ACTIVITY →
The full set of entries must be copied exactly.

______________________________

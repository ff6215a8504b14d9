//! Numbers that functions work out from those of lists.
ghost use Rattle.std.specs.Prelude.{◌≡◌, ◌+◌, ◌+ℤ◌, ℕ, Some};
ghost use Rattle.dmn_ranges.specs.Numbers.{AreNear, IsNear, folded_if as folded_if_of, folded_span as folded_span_of, held_if as held_if_of, widened as widened_of, widened_if as widened_if_of};

use crate::bounded::{Bounded, held_between, higher, lower};
use crate::interval::Interval;
use feel_text::Function;

/// The whole numbers from `low` to `high`, which may be past the range of numbers.
#[derive(Clone, Copy)]
pub(crate) struct Span {
    pub(crate) low: i128,
    pub(crate) high: i128,
}

fn widened(numbers: Interval) -> Span
    ensures { result ≡ widened_of numbers }
{
    Span {
        low: i128::from(numbers.low),
        high: i128::from(numbers.high),
    }
}

/// The same numbers, if there are some.
pub(crate) fn widened_if(numbers: Option<Interval>) -> Option<Span>
    ensures same { result ≡ widened_if_of numbers }
    ensures near { AreNear 1 result }
{
    match numbers {
        Some(numbers) => Some(widened(numbers)),
        None => None,
    }
}

fn added(x: i128, y: i128) -> i128
    requires x { IsNear 9223372036854775808 x }
    requires y { IsNear 1 y }
    ensures { result ≡ x +ℤ y }
{
    x + y
}

// What a function makes of a number of each. A list has no more members than 63 bits count.
fn folded_span(function: Function, a: Span, b: Span) -> Span
    requires a { AreNear 9223372036854775808 (Some a) }
    requires b { AreNear 1 (Some b) }
    ensures { result ≡ folded_span_of function a b }
{
    match function {
        Function::Min => Span {
            low: lower(a.low, b.low),
            high: lower(a.high, b.high),
        },
        Function::Max => Span {
            low: higher(a.low, b.low),
            high: higher(a.high, b.high),
        },
        Function::Abs | Function::Count | Function::Sum => Span {
            low: added(a.low, b.low),
            high: added(a.high, b.high),
        },
    }
}

/// What a function makes of a number of each, if both have some.
pub(crate) fn folded_if(function: Function, a: Option<Span>, b: Option<Span>) -> Option<Span>
    requires a { AreNear 9223372036854775808 a }
    requires b { AreNear 1 b }
    ensures same { result ≡ folded_if_of function a b }
    ensures near { (n : ℕ) → AreNear n a → AreNear (n + 1) result }
{
    match (a, b) {
        (Some(a), Some(b)) => Some(folded_span(function, a, b)),
        _ => None,
    }
}

/// The numbers, held against the range of numbers.
pub(crate) fn held_if(numbers: Option<Span>) -> Option<Bounded>
    ensures { result ≡ held_if_of numbers }
{
    match numbers {
        Some(numbers) => Some(held_between(numbers.low, numbers.high)),
        None => None,
    }
}
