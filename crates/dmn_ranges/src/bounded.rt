//! Numbers that are worked out, held against the range of numbers.
ghost use Rattle.std.specs.Prelude.{◌≡◌, ◌+ℤ◌, ◌-ℤ◌, ◌*ℤ◌, pos};
ghost use Rattle.dmn_ranges.specs.Numbers.{clamped as clamped_of, is_past as is_past_of, bounded as bounded_of, sum as sum_of, difference as difference_of, product as product_of, absolute as absolute_of, remainder as remainder_of, has_divisor as has_divisor_of, nearest as nearest_of, furthest as furthest_of, least_times as least_times_of, greatest_times as greatest_times_of, least_product as least_product_of, greatest_product as greatest_product_of};
ghost use Rattle.feel_text.specs.Meaning.{least, greatest};

use crate::interval::Interval;

const LEAST: i128 = -9_223_372_036_854_775_807;

const MOST: i128 = 9_223_372_036_854_775_807;

/// What a number can be that is worked out: in the interval, or, where this is said, past the range of numbers.
#[derive(Clone, Copy)]
pub(crate) struct Bounded {
    pub(crate) numbers: Interval,
    pub(crate) limit: bool,
}

// The number of the range that is nearest.
fn clamped(z: i128) -> i64
    ensures { result ≡ clamped_of z }
{
    if z < LEAST {
        -i64::MAX
    } else if MOST < z {
        i64::MAX
    } else {
        z as i64
    }
}

fn is_past(z: i128) -> bool
    ensures { result ≡ is_past_of z }
{
    z < LEAST || MOST < z
}

/// The numbers between two.
pub(crate) fn held_between(low: i128, high: i128) -> Bounded
    ensures { result ≡ bounded_of low high }
{
    Bounded {
        numbers: Interval {
            low: clamped(low),
            high: clamped(high),
        },
        limit: is_past(low) || is_past(high),
    }
}

fn added(x: i64, y: i64) -> i128
    ensures { result ≡ x +ℤ y }
{
    i128::from(x) + i128::from(y)
}

fn less_by(x: i64, y: i64) -> i128
    ensures { result ≡ x -ℤ y }
{
    i128::from(x) - i128::from(y)
}

fn multiplied(x: i64, y: i64) -> i128
    ensures { result ≡ x *ℤ y }
{
    i128::from(x) * i128::from(y)
}

pub(crate) fn lower(x: i128, y: i128) -> i128
    ensures { result ≡ least x y }
{
    if y < x { y } else { x }
}

pub(crate) fn higher(x: i128, y: i128) -> i128
    ensures { result ≡ greatest x y }
{
    if x < y { y } else { x }
}

pub(crate) fn sum(x: Interval, y: Interval) -> Bounded
    ensures { result ≡ sum_of x y }
{
    held_between(added(x.low, y.low), added(x.high, y.high))
}

pub(crate) fn difference(x: Interval, y: Interval) -> Bounded
    ensures { result ≡ difference_of x y }
{
    held_between(less_by(x.low, y.high), less_by(x.high, y.low))
}

fn least_times(z: i64, y: Interval) -> i128
    ensures { result ≡ least_times_of z y }
{
    lower(multiplied(z, y.low), multiplied(z, y.high))
}

fn greatest_times(z: i64, y: Interval) -> i128
    ensures { result ≡ greatest_times_of z y }
{
    higher(multiplied(z, y.low), multiplied(z, y.high))
}

fn least_product(x: Interval, y: Interval) -> i128
    ensures { result ≡ least_product_of x y }
{
    lower(least_times(x.low, y), least_times(x.high, y))
}

fn greatest_product(x: Interval, y: Interval) -> i128
    ensures { result ≡ greatest_product_of x y }
{
    higher(greatest_times(x.low, y), greatest_times(x.high, y))
}

pub(crate) fn product(x: Interval, y: Interval) -> Bounded
    ensures { result ≡ product_of x y }
{
    held_between(least_product(x, y), greatest_product(x, y))
}

// The least that a number of the interval is from 0.
fn nearest(x: Interval) -> i128
    ensures { result ≡ nearest_of x }
{
    if 0 < x.low {
        added(0, x.low)
    } else if x.high < 0 {
        less_by(0, x.high)
    } else {
        0
    }
}

// The most that a number of the interval is from 0.
fn furthest(x: Interval) -> i128
    ensures { result ≡ furthest_of x }
{
    higher(less_by(0, x.low), added(0, x.high))
}

pub(crate) fn absolute(x: Interval) -> Bounded
    ensures { result ≡ absolute_of x }
{
    held_between(nearest(x), furthest(x))
}

/// What is left of a number by one of the interval.
pub(crate) fn remainder(y: Interval) -> Bounded
    ensures { result ≡ remainder_of y }
{
    held_between(lower(added(y.low, 1), 0), higher(less_by(y.high, 1), 0))
}

/// Whether some number is not 0.
pub(crate) fn has_divisor(y: Interval) -> bool
    ensures { result ≡ has_divisor_of y }
{
    y.low < 0 || 0 < y.high
}

/// The numbers of an interval, where the range of numbers holds them.
pub(crate) fn between_bounds(x: Interval) -> Bounded
    ensures { result ≡ bounded_of x.low x.high }
{
    held_between(i128::from(x.low), i128::from(x.high))
}

/// The numbers from 1 to this.
pub(crate) fn counted_to(most: usize) -> Bounded
    ensures { result ≡ bounded_of (pos 1) (pos most) }
{
    held_between(1, most as i128)
}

______________________________

SOLUTION →
repository ff6215a8504b14d9
//! Numbers that functions work out from those of lists.
ghost use Rattle.std.specs.Prelude.{◌≡◌, ◌+◌, ◌+ℤ◌, ℕ, Some};
ghost use Rattle.dmn_ranges.specs.Numbers.{AreNear, IsNear, folded_if as folded_if_of, folded_span as folded_span_of, held_if as held_if_of, widened as widened_of, widened_if as widened_if_of};

use crate::bounded::{Bounded, held_between, higher, lower};
use crate::interval::Interval;
use feel_text::Function;

/// The whole numbers from `low` to `high`, which may be past the range of numbers.
#[derive(Clone, Copy)]
pub(crate) struct Span {
    pub(crate) low: i128,
    pub(crate) high: i128,
}

fn widened(numbers: Interval) -> Span
    ensures { result ≡ widened_of numbers }
{
    Span {
        low: i128::from(numbers.low),
        high: i128::from(numbers.high),
    }
}

/// The same numbers, if there are some.
pub(crate) fn widened_if(numbers: Option<Interval>) -> Option<Span>
    ensures same { result ≡ widened_if_of numbers }
    ensures near { AreNear 1 result }
{
    match numbers {
        Some(numbers) => Some(widened(numbers)),
        None => None,
    }
}

fn added(x: i128, y: i128) -> i128
    requires x { IsNear 9223372036854775808 x }
    requires y { IsNear 1 y }
    ensures { result ≡ x +ℤ y }
{
    x + y
}

// What a function makes of a number of each. A list has no more members than 63 bits count.
fn folded_span(function: Function, a: Span, b: Span) -> Span
    requires a { AreNear 9223372036854775808 (Some a) }
    requires b { AreNear 1 (Some b) }
    ensures { result ≡ folded_span_of function a b }
{
    match function {
        Function::Min => Span {
            low: lower(a.low, b.low),
            high: lower(a.high, b.high),
        },
        Function::Max => Span {
            low: higher(a.low, b.low),
            high: higher(a.high, b.high),
        },
        Function::Abs | Function::Count | Function::Sum => Span {
            low: added(a.low, b.low),
            high: added(a.high, b.high),
        },
    }
}

/// What a function makes of a number of each, if both have some.
pub(crate) fn folded_if(function: Function, a: Option<Span>, b: Option<Span>) -> Option<Span>
    requires a { AreNear 9223372036854775808 a }
    requires b { AreNear 1 b }
    ensures same { result ≡ folded_if_of function a b }
    ensures near { (n : ℕ) → AreNear n a → AreNear (n + 1) result }
{
    match (a, b) {
        (Some(a), Some(b)) => Some(folded_span(function, a, b)),
        _ => None,
    }
}

/// The numbers, held against the range of numbers.
pub(crate) fn held_if(numbers: Option<Span>) -> Option<Bounded>
    ensures { result ≡ held_if_of numbers }
{
    match numbers {
        Some(numbers) => Some(held_between(numbers.low, numbers.high)),
        None => None,
    }
}
filename crates/dmn_ranges/src/bounded.rt
//! Numbers that are worked out, held against the range of numbers.
ghost use Rattle.std.specs.Prelude.{◌≡◌, ◌+ℤ◌, ◌-ℤ◌, ◌*ℤ◌, pos};
ghost use Rattle.dmn_ranges.specs.Numbers.{clamped as clamped_of, is_past as is_past_of, bounded as bounded_of, sum as sum_of, difference as difference_of, product as product_of, absolute as absolute_of, remainder as remainder_of, has_divisor as has_divisor_of, nearest as nearest_of, furthest as furthest_of, least_times as least_times_of, greatest_times as greatest_times_of, least_product as least_product_of, greatest_product as greatest_product_of};
ghost use Rattle.feel_text.specs.Meaning.{least, greatest};

use crate::interval::Interval;

const LEAST: i128 = -9_223_372_036_854_775_807;

const MOST: i128 = 9_223_372_036_854_775_807;

/// What a number can be that is worked out: in the interval, or, where this is said, past the range of numbers.
#[derive(Clone, Copy)]
pub(crate) struct Bounded {
    pub(crate) numbers: Interval,
    pub(crate) limit: bool,
}

// The number of the range that is nearest.
fn clamped(z: i128) -> i64
    ensures { result ≡ clamped_of z }
{
    if z < LEAST {
        -i64::MAX
    } else if MOST < z {
        i64::MAX
    } else {
        z as i64
    }
}

fn is_past(z: i128) -> bool
    ensures { result ≡ is_past_of z }
{
    z < LEAST || MOST < z
}

/// The numbers between two.
pub(crate) fn held_between(low: i128, high: i128) -> Bounded
    ensures { result ≡ bounded_of low high }
{
    Bounded {
        numbers: Interval {
            low: clamped(low),
            high: clamped(high),
        },
        limit: is_past(low) || is_past(high),
    }
}

fn added(x: i64, y: i64) -> i128
    ensures { result ≡ x +ℤ y }
{
    i128::from(x) + i128::from(y)
}

fn less_by(x: i64, y: i64) -> i128
    ensures { result ≡ x -ℤ y }
{
    i128::from(x) - i128::from(y)
}

fn multiplied(x: i64, y: i64) -> i128
    ensures { result ≡ x *ℤ y }
{
    i128::from(x) * i128::from(y)
}

pub(crate) fn lower(x: i128, y: i128) -> i128
    ensures { result ≡ least x y }
{
    if y < x { y } else { x }
}

pub(crate) fn higher(x: i128, y: i128) -> i128
    ensures { result ≡ greatest x y }
{
    if x < y { y } else { x }
}

pub(crate) fn sum(x: Interval, y: Interval) -> Bounded
    ensures { result ≡ sum_of x y }
{
    held_between(added(x.low, y.low), added(x.high, y.high))
}

pub(crate) fn difference(x: Interval, y: Interval) -> Bounded
    ensures { result ≡ difference_of x y }
{
    held_between(less_by(x.low, y.high), less_by(x.high, y.low))
}

fn least_times(z: i64, y: Interval) -> i128
    ensures { result ≡ least_times_of z y }
{
    lower(multiplied(z, y.low), multiplied(z, y.high))
}

fn greatest_times(z: i64, y: Interval) -> i128
    ensures { result ≡ greatest_times_of z y }
{
    higher(multiplied(z, y.low), multiplied(z, y.high))
}

fn least_product(x: Interval, y: Interval) -> i128
    ensures { result ≡ least_product_of x y }
{
    lower(least_times(x.low, y), least_times(x.high, y))
}

fn greatest_product(x: Interval, y: Interval) -> i128
    ensures { result ≡ greatest_product_of x y }
{
    higher(greatest_times(x.low, y), greatest_times(x.high, y))
}

pub(crate) fn product(x: Interval, y: Interval) -> Bounded
    ensures { result ≡ product_of x y }
{
    held_between(least_product(x, y), greatest_product(x, y))
}

// The least that a number of the interval is from 0.
fn nearest(x: Interval) -> i128
    ensures { result ≡ nearest_of x }
{
    if 0 < x.low {
        added(0, x.low)
    } else if x.high < 0 {
        less_by(0, x.high)
    } else {
        0
    }
}

// The most that a number of the interval is from 0.
fn furthest(x: Interval) -> i128
    ensures { result ≡ furthest_of x }
{
    higher(less_by(0, x.low), added(0, x.high))
}

pub(crate) fn absolute(x: Interval) -> Bounded
    ensures { result ≡ absolute_of x }
{
    held_between(nearest(x), furthest(x))
}

/// What is left of a number by one of the interval.
pub(crate) fn remainder(y: Interval) -> Bounded
    ensures { result ≡ remainder_of y }
{
    held_between(lower(added(y.low, 1), 0), higher(less_by(y.high, 1), 0))
}

/// Whether some number is not 0.
pub(crate) fn has_divisor(y: Interval) -> bool
    ensures { result ≡ has_divisor_of y }
{
    y.low < 0 || 0 < y.high
}

/// The numbers of an interval, where the range of numbers holds them.
pub(crate) fn between_bounds(x: Interval) -> Bounded
    ensures { result ≡ bounded_of x.low x.high }
{
    held_between(i128::from(x.low), i128::from(x.high))
}

/// The numbers from 1 to this.
pub(crate) fn counted_to(most: usize) -> Bounded
    ensures { result ≡ bounded_of (pos 1) (pos most) }
{
    held_between(1, most as i128)
}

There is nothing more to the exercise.